I imported 15,000+ Evernote notes into DT. All went well until I started searching and could not find what I was looking for and knew was there.
With Evernote, all imported PDFs are automatically processed through the OCR, which allows me to search within PDFs without any prior PDF processing.

1- Would the rule below allow me to OCR all my imported Evernote notes which contain a PDF ?

2- I can’t figure out how to trigger the On Demand command.

pete31 · October 24, 2020, 7:24am

Use the Smart Rule’s contextual menu to trigger it manually.

rufus123 · October 24, 2020, 7:39am

thank you Pete

rufus123 · October 24, 2020, 8:30am

I just triggered the batch conversion of thousands of evernote imported PDFs. I am suddenly having cold sweats. Will the OCR process duplicate the PDF ?

chrillek · October 24, 2020, 8:53am

That depends on the settings in your preferences.

rufus123 · October 24, 2020, 9:30am

OK original set to move to trash.
what is your recommendation for:

compression
DPI ? I left 150 DPI and am now wondering if that was a terrible idea. Should have set to 300?

chrillek · October 24, 2020, 9:57am

Why don’t you try it out with ten documents? I’m doing fine with 150dpi and without compression.

rufus123 · October 24, 2020, 10:40am

thank you for your comment.
Because I have already batch processed thousands of PDFs.
If my settings are not OK (original to trash, compressed, 150 DPI) I have to start everything over ie re-import 15,000 notes from evernote, ocr, etc
In fact what I would like is a reference where are discussed the pros and cons of the OCR options in DevonThink, especially 150 DPI or more, and compressed or not.
I don’t like the fact that I am just guessing

rufus123 · October 24, 2020, 10:56am

URGENT Please. I created a smart rule to OCR thousands of PDFs. How do I stop the process ?? I tried everything I could think of

chrillek · October 24, 2020, 10:58am

There is no answer to your question re dpi. It depends on the quality of the original document. If it’s a genuine PDF, I.e. not a scanned document, 150 should be ok. Otherwise, even 300 might not be enough for OCR to work.
Why don’t you explore these potentially crucial questions before you work on 15000 documents?

rufus123 · October 24, 2020, 11:01am

OK, forget I asked

wmc · October 24, 2020, 12:37pm

@rufus123

EDIT: See @matti’s note #15 and @BLUEFROG #16 below for why Evernote OCR doesn’t import into DEVONthink.
Note: I do not use Evernote so may be (edit: I am) wrong here, but:

the resulting text layer should be imported into DEVONthink. It will take a bit of time for DT to index the items for search. Are those PDFs shown as kind = PDF + text? If so, the OCR results are there and if search doesn’t work it may be that indexing is not complete. Or try to select some text in a PDF which will show if a text layer is present.
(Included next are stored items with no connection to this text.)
//! What is another thing in a trace with plain partitions: a copy of an object's owner is refused as uncounted.
use crate::audit::told_of;
use crate::contents::{FIRST, done, entry, gave, history, line, made};
use crate::records::registers_of;
use pa_record::{Answer, Held};
use pa_rules::{Clause, Verdict};
use pa_slot::OutOfMemory;
use pa_trace::{Op, Rules};
use std::alloc::Global;
use std::test::Fail;

// The rules of version 3 with this first plain partition.
fn plain_from(plain_from: u32) -> Rules {
    Rules {
        version: 3,
        plain_from,
    }
}

// A request of 8 bytes in a partition.
fn alloc_in(reg: u32, partition: u32) -> Op {
    Op::Alloc {
        reg,
        partition,
        size: 8,
    }
}

// What is told of a copy with this answer, of the owner of a slot in partition 1, to this register.
fn told_of_copy(
    alloc: Global,
    rules: Rules,
    to: u32,
    answer: Answer,
) -> Result<Option<u32>, OutOfMemory> {
    let lines = [line(0, alloc_in(0, 1)), line(0, Op::Copy { from: 0, to })];
    let entries = [entry(2, 0, made(0)), entry(3, 0, answer)];
    registers_of(alloc, rules, &lines, &entries, &[])
}

// A copy is uncounted if the slot's partition is the first plain one or a later one, and the register has no handle.
#[test]
fn registers_tell_a_copy_by_its_partition(rt: HostRuntime) {
    let counted = done(0x100_0001);
    let rows = [
        (0, 1, Answer::Uncounted, None),
        (0, 1, counted, Some(1)),
        (1, 1, Answer::Uncounted, None),
        (1, 1, counted, Some(1)),
        (2, 1, Answer::Uncounted, Some(1)),
        (2, 1, counted, None),
        (1, 0, Answer::Filled, None),
        (1, 0, Answer::Uncounted, Some(1)),
    ];
    for (first, to, answer, told) in rows {
        let found = told_of_copy(rt.alloc(), plain_from(first), to, answer);
        assert!(rt; found == Ok(told), "{first} {to}");
    }
}

// A slot is made in one partition, freed, made in another by a run that isn't legal, and copied: the first of the two counts.
#[test]
fn registers_tell_a_copy_by_the_first_record_that_made_the_slot(rt: HostRuntime) {
    let rows = [
        (1, 0, Answer::Uncounted, None),
        (1, 0, done(0x300_0001), Some(3)),
        (0, 1, Answer::Uncounted, Some(3)),
        (0, 1, done(0x300_0001), None),
    ];
    for (before, after, answer, told) in rows {
        let lines = [
            line(0, alloc_in(0, before)),
            line(0, Op::Free { reg: 0 }),
            line(0, alloc_in(2, after)),
            line(0, Op::Copy { from: 2, to: 1 }),
        ];
        let entries = [
            entry(2, 0, made(0)),
            entry(3, 0, done(0x100_0001)),
            entry(4, 0, made(0x200_0000)),
            entry(5, 0, answer),
        ];
        let found = registers_of(rt.alloc(), plain_from(1), &lines, &entries, &[]);
        assert!(rt; found == Ok(told), "{before} {after}");
    }
}

// A raw_ptr is counted, so a copy of one is, whatever its slot is.
#[test]
fn registers_tell_a_copy_of_a_raw_ptr(rt: HostRuntime) -> Result<(), Fail> {
    let lines = [
        line(0, alloc_in(0, 1)),
        line(0, Op::Swap { cell: 0, reg: 2 }),
        line(0, Op::Copy { from: 2, to: 1 }),
    ];
    let exchange = gave(3, Held::Nothing, Held::Ref(FIRST));
    for (answer, told) in [(Answer::Uncounted, Some(2)), (done(0x100_0001), None)] {
        let entries = [
            entry(2, 0, made(0)),
            entry(3, 0, Answer::Swapped { entry: 0 }),
            entry(4, 0, answer),
        ];
        let cells = [history(rt.alloc(), &[exchange])?];
        let found = registers_of(rt.alloc(), plain_from(1), &lines, &entries, &cells);
        assert!(rt; found == Ok(told));
    }
    Ok(())
}

// An object of a plain partition is made, copied, written to and freed, one of the other partition is made and copied, and the slot of
// the first is made again. Its owner goes through a cell, and is copied.
const TRACE: &[u8] = b"trace 3 region 2 partitions 2 threads 1 plain 1
0 A r0 p1 8
0 C r0 r1
0 W r0 0000000000000005
0 F r0
0 A r2 p0 8
0 C r2 r3
0 A r0 p1 8
0 X c0 r0
0 X c0 r4
0 C r4 r1
";

const HEAD: &[u8] = b"run 1
";

const MADE: &[u8] = b"e 2 0 made 00004000.0 8 0000000000000000
";

const USED: &[u8] = b"e 4 0 done 00004000.0 0000000001000001
e 5 0 done 00004000.0 0000000002000001
e 6 0 made 00204000.1 8 0000000000000000
";

const EXCHANGED: &[u8] = b"e 8 0 made 00004000.0 8 0000000003000000
e 9 0 swapped 0
e 10 0 swapped 1
e 11 0 uncounted
";

const REST: &[u8] =
    b"r 0 0 6 fill 59 1 00204000.1@0 00204010.1@0 00204020.1@0 00204030.1@0 00204040.1@0 00204050.1@0 00204060.1@0 00204070.1@0
r 1 0 2 fill 59 0 00004000.0@0 00004010.0@0 00004020.0@0 00004030.0@0 00004040.0@0 00004050.0@0 00004060.0@0 00004070.0@0
p 0 2 1 take 1 0
p 1 6 0 take 1 1
c 0 0 9 own:00004000.0 -
c 0 1 10 - own:00004000.0
s 1 0 live 1 16 quarantined 0 0 cached 7 112 root 248 3968 committed 4096 reserved 2097152 full 0 active 1 empty 0 decommitted 0
s 1 1 live 1 16 quarantined 0 0 cached 7 112 root 248 3968 committed 4096 reserved 2097152 full 0 active 1 empty 0 decommitted 0
end
";

#[test]
fn a_run_with_a_plain_partition(rt: HostRuntime) {
    let uncounted: &[u8] = b"e 3 0 uncounted
";
    let counted: &[u8] = b"e 7 0 done 00204000.1 0000000001000001
";
    let rows: [(&[u8], &[u8], Verdict); 3] = [
        (uncounted, counted, Verdict::Legal),
        (
            b"e 3 0 done 00004000.0 0000000001000001
",
            counted,
            Verdict::Broken(Clause::Registers, 3),
        ),
        (
            uncounted,
            b"e 7 0 uncounted
",
            Verdict::Broken(Clause::Registers, 7),
        ),
    ];
    for (plain, other, verdict) in rows {
        let lines = [HEAD, MADE, plain, USED, other, EXCHANGED, REST];
        let found = told_of(rt.alloc(), TRACE, &lines);
        assert!(rt; found == Some(verdict));
    }
}

// A copy of an owner of a plain slot to itself is refused because its register has a handle.
#[test]
fn a_copy_to_a_register_with_a_handle(rt: HostRuntime) {
    let trace = b"trace 3 region 2 partitions 2 threads 1 plain 1
0 A r0 p1 8
0 C r0 r0
0 C r0 r1
";
    let rest = b"e 4 0 uncounted
r 1 0 2 fill 59 0 00004000.0@0 00004010.0@0 00004020.0@0 00004030.0@0 00004040.0@0 00004050.0@0 00004060.0@0 00004070.0@0
p 0 2 1 take 1 0
s 1 0 live 0 0 quarantined 0 0 cached 0 0 root 0 0 committed 0 reserved 0 full 0 active 0 empty 0 decommitted 0
s 1 1 live 1 16 quarantined 0 0 cached 7 112 root 248 3968 committed 4096 reserved 2097152 full 0 active 1 empty 0 decommitted 0
end
";
    let rows: [(&[u8], Verdict); 2] = [
        (b"e 3 0 filled\n", Verdict::Legal),
        (b"e 3 0 uncounted\n", Verdict::Broken(Clause::Registers, 3)),
    ];
    for (copied, verdict) in rows {
        let found = told_of(rt.alloc(), trace, &[HEAD, MADE, copied, rest]);
        assert!(rt; found == Some(verdict));
    }
}

// In version 1 no slot is plain.
#[test]
fn an_uncounted_copy_in_version_1(rt: HostRuntime) {
    let trace = b"trace 1 region 1 partitions 1 threads 1
0 A r0 p0 8
0 C r0 r1
";
    let rest = b"e 3 0 uncounted
r 0 0 2 fill 0 0 00004000.0@0 00004010.0@0 00004020.0@0 00004030.0@0 00004040.0@0 00004050.0@0 00004060.0@0 00004070.0@0
p 0 2 0 take 1 0
s 1 0 live 1 16 quarantined 0 0 cached 7 112 root 248 3968 committed 4096 reserved 2097152 full 0 active 1 empty 0 decommitted 0
end
";
    let found = told_of(rt.alloc(), trace, &[HEAD, MADE, rest]);
    assert!(rt; found == Some(Verdict::Broken(Clause::Registers, 3)));
}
Re-OCRing may not be needed.

BLUEFROG · October 24, 2020, 1:33pm

It is not a good idea to do such a process en masse like this. It is better to do such an operation on much smaller batches.
And @chrillek is correct. Testing on a smaller sample should have been done before committing to larger batches.
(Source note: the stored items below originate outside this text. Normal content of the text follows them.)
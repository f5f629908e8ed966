// Float samples, as some recordings have them, made into what the front end takes: 12 bits for each component, in phase and in quadrature.
#![tactic(auto)]

ghost use Rattle.std.specs.Prelude.{◌≡◌};
ghost use Rattle.kinds.specs.Answer.{answer_number};
ghost use Rattle.input.specs.Input.{component_of, sample_answer};
ghost use Rattle.input.specs.Refusal.{sample_number};

// A component, whose full scale is ±1. It refuses nothing: what no 12 bits can hold goes to the nearer end, and a NaN to 0.
pub fn component(x: f32) -> i16
    ensures { result ≡ component_of x }
{
    let scaled = std::num::f32_to_f64_with_nan(x * 2048.0);
    floats::round_i64(scaled).clamp(-2048, 2047) as i16
}

// Why float samples are refused (RULES 8.5).
#[derive(Clone, Copy, PartialEq, Eq, Debug)]
pub enum SampleError {
    OddInput,
    ShortOutput,
}

impl SampleError {
    // One form for all errors: those that hold something have no discriminant to cast.
    pub fn number(self) -> u32
        ensures { result ≡ sample_number self }
    {
        match self {
            SampleError::OddInput => 10,
            SampleError::ShortOutput => 11,
        }
    }
}

// Takes the components of float samples, I before Q, as the front end does (RULES 6.2). Value n is made of float n.
pub fn sample(floats: &[f32], values: &mut [i16]) -> Result<(), SampleError>
    ensures { record { number = answer_number sample_number result; places = values.new } ≡ sample_answer floats.now values.old }
{
    if floats.len() % 2 != 0 {
        return Err(SampleError::OddInput);
    }
    if values.len() < floats.len() {
        return Err(SampleError::ShortOutput);
    }
    for (n, &x) in floats.iter().enumerate() {
        values[n] = component(x);
    }
    Ok(())
}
korm · October 24, 2020, 3:21pm

Are you sure you have 15,000-ish PDFs that need OCR? Maybe search the groups with the exported documents and look for PDFs to make sure they are all not PDT+Text.

matti · October 24, 2020, 4:11pm

For anybody looking for more Info on this: Evernote Blog How Evernote’s Image Recognition Works

If you export a note containing a PDF that has been processed by the OCR system, there will be two nodes in the document: data and alternate-data . The data node contains a base–64 encoded version of the original PDF and the alternative-data represents the searchable version of the same PDF.
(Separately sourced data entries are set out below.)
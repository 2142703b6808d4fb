#![tactic(auto)]
// One record of a run: what it asks for is done and its line written, or, where the line does not fit, nothing.
mod measure;
pub mod one_record;
mod tell;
I don’t think DT handles this in this way though: At least in a small test, PDF recognition data was not included in the DT import (there was only one non-OCR-ed PDF).

BLUEFROG · October 24, 2020, 5:02pm

That is correct as Evernote keeps the OCR data on their servers.

rufus123 · October 24, 2020, 5:08pm

well … just did an urgent search for a term that yielded nothing. In Evernote, found the term immediately. It is impossible to guess which PDFs I will need to search.
thank you for your comment

BLUEFROG · October 24, 2020, 7:20pm

It is impossible to guess which PDFs I will need to search.

Actually, you can create a smart group to show PDFs with no text in them…
SmartGroup - PDFs to OCR

rufus123 · October 24, 2020, 7:22pm

I’m sorry: I don’t understand. What kind of PDF has not text ? Do you mean non readable ?
thank you

BLUEFROG · October 24, 2020, 7:24pm

A PDF with no text layer, which includes PDFs that have no OCR done on them.
If there is no text layer, the file wouldn’t be searchable by content.